Stored data

-------

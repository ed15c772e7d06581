//! The command over texts in memory: from its words and the texts that they name to its answer.
#![tactic(auto)]

ghost use Rattle.std.specs.Prelude.{map, Some, IfOk};
ghost use Rattle.std.specs.String.{string_bytes};
ghost use Rattle.xd_answer.specs.Answered.{NoFault, held_text};
ghost use Rattle.xd_base.specs.MemoryShelf.{text_of};
ghost use Rattle.xd_command.specs.Answer.{IsAnswer};
ghost use Rattle.xd_command.specs.Command.{command_of};

mod texts;
mod written;

use crate::texts::Texts;
use crate::written::Written;
use std::alloc::Global;
pub use texts::Text;
use thiserror::Error;
use xd_command::{Status, xduce};

/// What the command answers: its exit status, and what it writes.
#[derive(Drop)]
pub struct Reply {
    pub status: u8,
    pub text: Vec<u8>,
}

/// There was not enough memory for an answer.
#[derive(Clone, Copy, Debug, PartialEq, Eq, Error)]
#[error("out of memory")]
pub struct NoMemory;

/// What the command answers to these words, where the texts that they name are these.
///
/// Of two texts of one name the first counts.
pub fn answer(alloc: Global, words: &[String], texts: &[Text<'_>]) -> Result<Reply, NoMemory>
    ensures { IfOk result (λ a. IsAnswer (command_of (map string_bytes words.now)) (Some (text_of (map held_text texts.now))) NoFault (record { status = a.status; text = a.text.items })) }
{
    let mut shelf = Texts::new(texts);
    let mut sink = Written::new(alloc);
    let status = xduce(alloc, words, &mut shelf, &mut sink);
    if status == Status::NO_MEMORY || status == Status::UNWRITTEN {
        return Err(NoMemory);
    }
    Ok(Reply {
        status: status.code,
        text: sink.into_bytes(),
    })
}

-------

How many lines of the records contain the word "struct"? Reply with the number and nothing else.

■ Expected answer
2